Et pour les médias, qu’est-ce qui a changé ?

G.G : Les mauvais côtés, c’est qu’il y a moins de ressources économiques pour les médias. Et d’autre part, leur politisation a jeté le doute sur leur honnêteté intellectuelle : tous les jours des lecteurs nous défient de plus en plus. J’ai toujours veillé à ce que Le Courrier, qui parle de politique, ne soit pas « politisé ». Mais les nouveaux lecteurs ne le savent pas forcément, et parfois certains ne supportent pas qu’il y ait un article sur telle personne ou tel sujet. L’émotion l’emporte trop souvent sur la raison.

Les bonnes nouvelles pour les médias, c’est qu’ils demeurent incontournable, et puis que les lecteurs apprécient de plus en plus de les commenter sur les réseaux sociaux : ça devient plus interractif. Comme je viens de le dire, il y a certainement trop d’émotion… mais au moins il y a de l’action !

Avez-vous eu des bons “scoops” en huit ans ?

Beaucoup au niveau local, mais surtout des analyses pertinentes. Politique et géopolitique ne sont pas nos spécialités, mais notons qu’en 2016 nous avions quand même, par exemple, appelé à la prudence quant aux sondages qui donnaient Hillary Clinton largement en tête.

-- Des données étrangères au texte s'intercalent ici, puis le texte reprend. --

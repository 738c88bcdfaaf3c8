ghost use Rattle.std.specs.Prelude.{◌≡◌, ◌++◌, ◌∷◌, codes, [], true, Err, IfOk, OnOk};
ghost use Rattle.program_io.specs.declared.statuses.Status.{Status};
ghost use Rattle.dax_script.specs.ScriptText.{script_of};
ghost use Rattle.dax_script.specs.Fits.{fits};
ghost use Rattle.dax_script.specs.Whys.{why_word};
ghost use Rattle.transcript_text.specs.TranscriptReading.{transcript_of};
ghost use Rattle.daxwire.specs.AuditText.{bad_script_line, bad_transcript_line, script_due, transcript_due, verdict_due};
ghost use Rattle.daxwire.specs.Wholes.{IsAnswered};

use crate::divides::divide;
use crate::shows::{put, put_number};
use crate::wholes::Answer;
use dax_audit::{Verdict, audit};
use dax_script::{BadScript, Script, Why};
use plain_file::{Blob, Memory};
use program_io::Status;
use std::alloc::Global;
use transcript_text::BadTranscript;

// Adds the line that refuses the script.
#[tactic(auto, unfolding(plain_text::specs::Printed::joined))]
fn put_bad_script(line: u64, why: Why, out: &mut Vec<u8>) -> Result<(), Memory>
    ensures { OnOk result (out.new.items ≡ out.old.items ++ bad_script_line (record { line = line; why = why })) }
{
    put(out, b"script line ")?;
    put_number(out, line)?;
    put_why(why, out)?;
    Ok(())
}

// Adds the reason, and the line's end.
fn put_why(why: Why, out: &mut Vec<u8>) -> Result<(), Memory>
    ensures { OnOk result (out.new.items ≡ out.old.items ++ 32 ∷ why_word why ++ codes "\n") }
{
    put(out, b" ")?;
    put(out, why.word().as_bytes())?;
    put(out, b"\n")?;
    Ok(())
}

// Adds the line that refuses the transcript.
#[tactic(auto, unfolding(plain_text::specs::Printed::joined))]
fn put_bad_transcript(line: u64, out: &mut Vec<u8>) -> Result<(), Memory>
    ensures { OnOk result (out.new.items ≡ out.old.items ++ bad_transcript_line line) }
{
    put(out, b"transcript line ")?;
    put_number(out, line)?;
    put(out, b"\n")?;
    Ok(())
}

// Adds the line of a verdict, and tells the status.
#[tactic(auto, unfolding(plain_text::specs::Printed::joined, crate::specs::AuditText::verdict_due))]
fn put_verdict(verdict: Verdict, out: &mut Vec<u8>) -> Result<Status, Memory>
    ensures text { OnOk result (out.new.items ≡ out.old.items ++ (verdict_due verdict).text) }
    ensures status { IfOk result (λ status. status ≡ (verdict_due verdict).status) }
    ensures answered { IfOk result IsAnswered }
{
    match verdict {
        Verdict::Legal => {
            put(out, b"legal\n")?;
            Ok(Status::Ok)
        }
        Verdict::Fault { rule, line } => {
            put(out, b"rule ")?;
            put_number(out, u64::from(rule))?;
            put(out, b" line ")?;
            put_number(out, line)?;
            put(out, b"\n")?;
            Ok(Status::NotLegal)
        }
    }
}

// Judges the text of a transcript by a script.
#[tactic(auto, unfolding(crate::specs::AuditText::transcript_due))]
fn judge(alloc: Global, script: &Script, text: &[u8], out: &mut Vec<u8>) -> Result<Status, Memory>
    requires empty { out.old.items ≡ [] }
    requires fits { fits script.now ≡ true }
    ensures text { OnOk result (out.new.items ≡ (transcript_due script.now (transcript_of text.now)).text) }
    ensures status { IfOk result (λ status. status ≡ (transcript_due script.now (transcript_of text.now)).status) }
    ensures answered { IfOk result IsAnswered }
{
    match transcript_text::parse(alloc, text) {
        Ok(transcript) => put_verdict(audit(alloc, script, &transcript)?, out),
        Err(BadTranscript::Line { line }) => {
            put_bad_transcript(line, out)?;
            Ok(Status::Refused)
        }
        Err(BadTranscript::Memory) => Err(Memory),
    }
}

// Judges both texts, the script first.
#[tactic(auto, unfolding(crate::specs::AuditText::script_due))]
fn judge_texts(
    alloc: Global,
    script: &[u8],
    transcript: &[u8],
    out: &mut Vec<u8>,
) -> Result<Status, Memory>
    requires { out.old.items ≡ [] }
    ensures text { OnOk result (out.new.items ≡ (script_due (script_of script.now) transcript.now).text) }
    ensures status { IfOk result (λ status. status ≡ (script_due (script_of script.now) transcript.now).status) }
    ensures answered { IfOk result IsAnswered }
{
    match dax_script::parse(alloc, script) {
        Ok(script) => judge(alloc, &script, transcript, out),
        Err(BadScript::Line { line, why }) => {
            put_bad_script(line, why, out)?;
            Ok(Status::Refused)
        }
        Err(BadScript::Memory) => Err(Memory),
    }
}

/// Answers a script, a line `---` and a transcript: whether the transcript is legal for the script.
///
/// The texts have the forms of a script and of a transcript; the first line `---` parts them. The answer is
/// one line: `legal`; `rule N line L`, which is not legal, with the first broken rule and the first line of the
/// transcript that breaks it, counted from the line behind the `---`; or what is refused: `no transcript`
/// where no line is `---`, else `script line L WHY` with the script's first bad line and its reason, else
/// `transcript line L` with the transcript's first bad line.
#[derive(Clone, Copy, Debug, PartialEq, Eq)]
pub struct Audit;

impl Answer for Audit {
    ghost use Rattle.transcript_text.specs.TranscriptReading.{transcript_of};
    ghost use Rattle.daxwire.specs.AuditText.{texts_due};

    ghost due = { texts_due };

    ghost judges = { true };

    #[tactic(auto, unfolding(crate::specs::AuditText::texts_due, crate::specs::AuditText::divided_due))]
    fn put_due(alloc: Global, input: Blob, out: &mut Vec<u8>) -> Result<Status, Memory> {
        match divide(input.as_slice()) {
            Some((script, transcript)) => judge_texts(alloc, script, transcript, out),
            None => {
                put(out, b"no transcript\n")?;
                Ok(Status::Refused)
            }
        }
    }
}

L’an passé nous avions aussi prévenu en avril et en novembre que l’OTAN risquait de se faire tester en Ukraine (et à Taïwan), et que c’était l’une des principales raisons du retrait des troupes américaines d’Afghanistan. Et qu’en conséquence il ne fallait pas considérer ce retrait comme une “défaite”. Ceux qui nous ont lu ont ainsi pu comprendre avant les autres ce qui se jouait sur la scène internationale.